Kiryat Arba, in particular, is regarded as one of the more hardline Israeli settlements, controversially hosting both the grave of Baruch Goldstein, a Jewish extremist who killed 29 Palestinians and injured dozens more in an attack in Hebron in 1994, and a park dedicated to the extremist rabbi Meir Kahane.
Among those who have publicly criticised the move – in two Facebook posts – has been Haim Weiss, a literature professor at Ben Gurion University, who suggested that the theatre had decided to perform in the settlement because of the current climate of pressure on artists and arts groups.
Weiss accused the theatre of “conferring validity, significance and legitimisation upon the settlement enterprise, especially its most extreme and violent representation. Kiryat Arba’s residents understand this symbolic significance very well and are therefore very pleased about the theatre performance in their city.”
He added: “When Habima, with its canonic standing in the Zionist and Israeli discourse, chooses to appear in a city that symbolises more than any other the violence and racism of the settlement enterprise, it’s taking a step of major significance,” he added.
Weiss was joined in his criticism by other figures in the arts community.
Among them was theatre director Ari Remez, who sarcastically suggested actors should visit Goldstein’s grave site, which became a place of pilgrimage for Jewish extremists.
Veteran actor-director Oded Kotler also added his voice, saying that the company was being disingenuous when it likened performance before Jewish audiences in the occupied West Bank to shows within Israel’s borders.

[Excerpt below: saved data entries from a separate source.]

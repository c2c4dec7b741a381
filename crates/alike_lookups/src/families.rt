//! Families of methods that are found as a whole: where all their methods have one list of parameter types without type variables, it is enough to look at the classes that declare one of them.

ghost use Rattle.std.specs.Prelude.{◌≡◌, ℕ, ◌<◌, true, length, IsTrue};
ghost use Rattle.std.specs.List.{Contains};
ghost use Rattle.program_maps.specs.Ways.{goes_to};
ghost use Rattle.running_code.specs.Running.{IsReady};
ghost use Rattle.alike_lookups.specs.Lookups.{IsWhole, sides};
ghost use Rattle.alike_lookups.specs.Families.{AreUpsKept, DeclaresOf, FamilyFindsAlike, IsCovered, IsFoundAt, IsFoundWhereDeclared, IsMemberAlike, IsStandIn};

use crate::looks::is_fixed;
use crate::places::{image, source};
use crate::plain::{are_like, are_of_one_family};
use program_maps::{Map, goes};
use running_code::Running;
use seen_methods::{is_class, method_of};

/// Whether both programs find a method on objects of one class, the new one that to which the old one's goes.
fn is_found_at(
    old: &Running<'_>,
    new: &Running<'_>,
    map: &Map,
    method: u32,
    other: u32,
    class: u32,
) -> bool
    requires old { IsReady old.now }
    requires new { IsReady new.now }
    ensures { IsTrue result → IsFoundAt (sides old.now new.now map.now true) method other class }
{
    let Some(to) = image(&map.types, class) else {
        return false;
    };
    let Some(before) = old.members.lookup(class, method) else {
        return false;
    };
    let Some(after) = new.members.lookup(to, other) else {
        return false;
    };
    goes(&map.methods, before, after)
}

fn is_found_where_declared(
    old: &Running<'_>,
    new: &Running<'_>,
    map: &Map,
    method: u32,
    other: u32,
    member: u32,
) -> bool
    requires old { IsReady old.now }
    requires new { IsReady new.now }
    ensures { IsTrue result → IsFoundWhereDeclared (sides old.now new.now map.now true) method other member }
{
    let Some(info) = method_of(old.world, member) else {
        return true;
    };
    !is_class(old.world, info.owner) || is_found_at(old, new, map, method, other, info.owner)
}

/// Whether a method of the old family goes to one of the new family, and both programs find the same where it is declared.
fn is_member_alike(
    old: &Running<'_>,
    new: &Running<'_>,
    map: &Map,
    method: u32,
    other: u32,
    member: u32,
) -> bool
    requires old { IsReady old.now }
    requires new { IsReady new.now }
    ensures { IsTrue result → IsMemberAlike (sides old.now new.now map.now true) method other member }
{
    let Some(to) = image(&map.methods, member) else {
        return false;
    };
    if is_fixed(old.world, member) || is_fixed(new.world, to) {
        return false;
    }
    are_of_one_family(new, other, to)
        && is_found_where_declared(old, new, map, method, other, member)
}

fn are_members_alike(
    old: &Running<'_>,
    new: &Running<'_>,
    map: &Map,
    method: u32,
    other: u32,
    family: &[u32],
) -> bool
    requires old { IsReady old.now }
    requires new { IsReady new.now }
    ensures { IsTrue result → (j : ℕ) → Contains family.now j → IsMemberAlike (sides old.now new.now map.now true) method other j }
{
    for member in family {
        if !is_member_alike(old, new, map, method, other, *member) {
            return false;
        }
    }
    true
}

/// Whether a class of the old program declares a method of a family, which is no fixed one.
fn declares_of(old: &Running<'_>, method: u32, class: u32) -> bool
    requires { IsReady old.now }
    ensures { IsTrue result → DeclaresOf old.now.world.now method class }
{
    if is_fixed(old.world, method) {
        return false;
    }
    let Some(found) = old.members.lookup(class, method) else {
        return false;
    };
    match method_of(old.world, found) {
        Some(info) => info.owner == class,
        None => false,
    }
}

/// Whether a class that declares a method of the new family is a new one, or declares a method of the old family in the old program.
fn is_covered(old: &Running<'_>, new: &Running<'_>, map: &Map, method: u32, member: u32) -> bool
    requires old { IsReady old.now }
    requires whole { IsWhole old.now.world.now new.now.world.now map.now }
    ensures { IsTrue result → IsCovered (sides old.now new.now map.now true) method member }
{
    let Some(info) = method_of(new.world, member) else {
        return true;
    };
    if !is_class(new.world, info.owner) {
        return true;
    }
    match source(&map.types, info.owner) {
        Some(class) => declares_of(old, method, class),
        None => true,
    }
}

fn are_covered(old: &Running<'_>, new: &Running<'_>, map: &Map, method: u32, family: &[u32]) -> bool
    requires old { IsReady old.now }
    requires whole { IsWhole old.now.world.now new.now.world.now map.now }
    ensures { IsTrue result → (k : ℕ) → Contains family.now k → IsCovered (sides old.now new.now map.now true) method k }
{
    for member in family {
        if !is_covered(old, new, map, method, *member) {
            return false;
        }
    }
    true
}

/// Whether the family of a method is found as a whole: a look at each of its methods in both programs.
pub(crate) fn is_family_alike(old: &Running<'_>, new: &Running<'_>, map: &Map, method: u32) -> bool
    requires old { IsReady old.now }
    requires new { IsReady new.now }
    requires whole { IsWhole old.now.world.now new.now.world.now map.now }
    requires ups { AreUpsKept (sides old.now new.now map.now true) }
    requires method { method < length old.now.world.now.methods }
    ensures { IsTrue result → FamilyFindsAlike (sides old.now new.now map.now true) method }
{
    let Some(to) = image(&map.methods, method) else {
        return false;
    };
    if to as usize >= new.world.methods.len() {
        return false;
    }
    let family = old.members.family(method);
    let family_new = new.members.family(to);
    if !are_like(old.world, family, method) {
        return false;
    }
    if !are_like(new.world, family_new, to) {
        return false;
    }
    if !are_members_alike(old, new, map, method, to, family) {
        return false;
    }
    are_covered(old, new, map, method, family_new)
}

/// Whether another method of the new program is of the family of that to which a method goes, which answers as a whole. Then it finds the same.
pub(crate) fn is_of_same_family(new: &Running<'_>, map: &Map, method: u32, other: u32) -> bool
    requires new { IsReady new.now }
    ensures { IsTrue result → IsStandIn new.now.world.now (goes_to map.now.methods method) other }
{
    let Some(to) = image(&map.methods, method) else {
        return false;
    };
    if is_fixed(new.world, to)
        || is_fixed(new.world, other)
        || other as usize >= new.world.methods.len()
    {
        return false;
    }
    are_of_one_family(new, other, to) && are_like(new.world, new.members.family(other), other)
}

“When we say, ‘the nation, Israel or national’, that doesn’t include the occupied territories,” he told public radio.
“By carrying out some kind of so-called pure cultural activity in these places, we are reinforcing the suffering of others, which has been continuing for years and years and is in fact preventing us from making peace.”

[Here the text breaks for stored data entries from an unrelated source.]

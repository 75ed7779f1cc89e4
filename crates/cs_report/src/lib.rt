//! Reads scripts of events, and prints scripts, replies, refusals, warnings and notes.
#![tactic(auto)]

mod dates;
mod entry;
mod form;
mod nameable;
mod names;
mod partial_script;
mod refusal;
mod reply;
mod script;
mod script_fault;
mod user;
mod warning;
mod words;
mod writing;

pub use nameable::is_nameable;
pub use refusal::{fault_text, push_window};
pub use reply::{push_reply, reply_text};
pub use script::{MAX_SCRIPT, NumberedScript, read_numbered_script, read_script};
pub use script_fault::{ScriptError, ScriptFault};
pub use user::{first_behind_user, is_no_user};
pub use warning::{is_unheeded, plan_notes, warnings};
pub use writing::script_text;
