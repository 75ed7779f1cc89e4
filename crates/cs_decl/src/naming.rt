//! Finds the lines that entries name.
ghost use Rattle.std.specs.Prelude.{◌≡◌, ◌&&◌, option_map, position, IfOk};
ghost use Rattle.std.specs.List.{find, list_any, count_by};
ghost use Rattle.cs_decl.specs.Join.{is_named, has_no_line, is_unlike, has_other_command};
ghost use Rattle.cs_decl.specs.Join.{is_ambiguous, number_of, cron_numbers, left_out_numbers};
ghost use Rattle.cs_decl.specs.Join.{has_other_schedule};

use crate::entries::{CronEntry, Entries, LineName};
use crate::when::is_told_when;
use cs_civil::{Bytes, Sequence};
use cs_crontab::Line;
use std::alloc::{AllocError, Global};

/// Whether the name is the line's: a number names the line that has it; else a command names each
/// line with that command and, if the name gives one, with its schedule.
pub fn is_named(name: &LineName, line: &Line) -> bool
    ensures { result ≡ is_named name.now line.now }
{
    match name.number {
        Some(number) => number == i128::from(line.number()),
        None => match &name.command {
            Some(told) => {
                told.as_slice() == line.command() && is_told_when(&name.when, line.when())
            }
            None => false,
        },
    }
}

fn has_line(lines: &[Line], name: &LineName) -> bool
    ensures { result ≡ list_any (is_named name.now) lines.now }
{
    lines.iter().any(|line| is_named(name, line))
}

fn is_unlike(command: &[u8], told: &Option<Bytes>) -> bool
    ensures { result ≡ is_unlike command.now told.now }
{
    match told {
        Some(told) => told.as_slice() != command,
        None => false,
    }
}

fn has_other_command(lines: &[Line], name: &LineName) -> bool
    ensures { result ≡ has_other_command lines.now name.now }
{
    lines.iter().any(|line| is_named(name, line) && is_unlike(line.command(), &name.command))
}

fn has_other_schedule(lines: &[Line], name: &LineName) -> bool
    ensures { result ≡ has_other_schedule lines.now name.now }
{
    lines.iter().any(|line| is_named(name, line) && !is_told_when(&name.when, line.when()))
}

fn count_named(lines: &[Line], name: &LineName) -> usize
    ensures { result ≡ count_by (is_named name.now) lines.now }
{
    lines.iter().filter(|line| is_named(name, line)).count()
}

#[tactic(auto, unfolding(crate::specs::Join::is_ambiguous))]
fn is_ambiguous(lines: &[Line], name: &LineName) -> bool
    ensures { result ≡ is_ambiguous lines.now name.now }
{
    count_named(lines, name) > 1
}

pub(crate) fn lineless_cron(entries: &[CronEntry], lines: &[Line]) -> Option<usize>
    ensures { result ≡ position (λ e. has_no_line lines.now e.name) entries.now }
{
    entries
        .iter()
        .position(|entry| !has_line(lines, &entry.name))
}

pub(crate) fn lineless(names: &[LineName], lines: &[Line]) -> Option<usize>
    ensures { result ≡ position (has_no_line lines.now) names.now }
{
    names.iter().position(|name| !has_line(lines, name))
}

pub(crate) fn other_cron(entries: &[CronEntry], lines: &[Line]) -> Option<usize>
    ensures { result ≡ position (λ e. has_other_command lines.now e.name) entries.now }
{
    entries
        .iter()
        .position(|entry| has_other_command(lines, &entry.name))
}

pub(crate) fn other(names: &[LineName], lines: &[Line]) -> Option<usize>
    ensures { result ≡ position (has_other_command lines.now) names.now }
{
    names.iter().position(|name| has_other_command(lines, name))
}

pub(crate) fn mistimed_cron(entries: &[CronEntry], lines: &[Line]) -> Option<usize>
    ensures { result ≡ position (λ e. has_other_schedule lines.now e.name) entries.now }
{
    entries
        .iter()
        .position(|entry| has_other_schedule(lines, &entry.name))
}

pub(crate) fn mistimed(names: &[LineName], lines: &[Line]) -> Option<usize>
    ensures { result ≡ position (has_other_schedule lines.now) names.now }
{
    names
        .iter()
        .position(|name| has_other_schedule(lines, name))
}

pub(crate) fn ambiguous_cron(entries: &[CronEntry], lines: &[Line]) -> Option<usize>
    ensures { result ≡ position (λ e. is_ambiguous lines.now e.name) entries.now }
{
    entries
        .iter()
        .position(|entry| is_ambiguous(lines, &entry.name))
}

pub(crate) fn ambiguous(names: &[LineName], lines: &[Line]) -> Option<usize>
    ensures { result ≡ position (is_ambiguous lines.now) names.now }
{
    names.iter().position(|name| is_ambiguous(lines, name))
}

// ---- numbers

fn named_line<'l>(lines: &'l [Line], name: &LineName) -> Option<&'l Line>
    ensures { option_map (λ l. l.now) result ≡ find (is_named name.now) lines.now }
{
    lines.iter().find(|line| is_named(name, line))
}

fn number_of(lines: &[Line], name: &LineName) -> Option<i128>
    ensures { result ≡ number_of lines.now name.now }
{
    match named_line(lines, name) {
        Some(line) => Some(i128::from(line.number())),
        None => None,
    }
}

pub(crate) fn cron_numbers(
    alloc: Global,
    lines: &[Line],
    entries: &Entries,
) -> Result<Sequence<Option<i128>>, AllocError>
    ensures { IfOk result (λ numbers. numbers ≡ cron_numbers lines.now entries.now) }
{
    let mut numbers = Sequence::new(alloc);
    for entry in entries.cron.as_slice() {
        numbers.push(number_of(lines, &entry.name))?;
    }
    Ok(numbers)
}

pub(crate) fn left_out_numbers(
    alloc: Global,
    lines: &[Line],
    entries: &Entries,
) -> Result<Sequence<Option<i128>>, AllocError>
    ensures { IfOk result (λ numbers. numbers ≡ left_out_numbers lines.now entries.now) }
{
    let mut numbers = Sequence::new(alloc);
    for name in entries.left_out.as_slice() {
        numbers.push(number_of(lines, name))?;
    }
    Ok(numbers)
}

The decision to perform in Kiryat Arba, however, was defended by both Regev and the theatre.
“This is what a vision becoming reality looks like,” Regev posted on her Twitter account on Tuesday. “This is how a national theatre should behave.”
She added later: “The decision to perform for the first time in Hebron exemplifies the national theatre’s being a central pioneer in treating all citizens of the state as equal in their right to experience culture. I encourage Habima for its strong stance against the wave of criticism from the left, and am sorry to see elements in our land act as the lowliest of BDS bullies.”
For its part, the company – which did not reply to a Guardian request for comment – defended the performance. Habima’s general manager, Odelia Friedman, told Israeli public radio that settlers had the same right to government-subsidised culture as any other Israeli citizen. “We appear everywhere where we are required,” she added.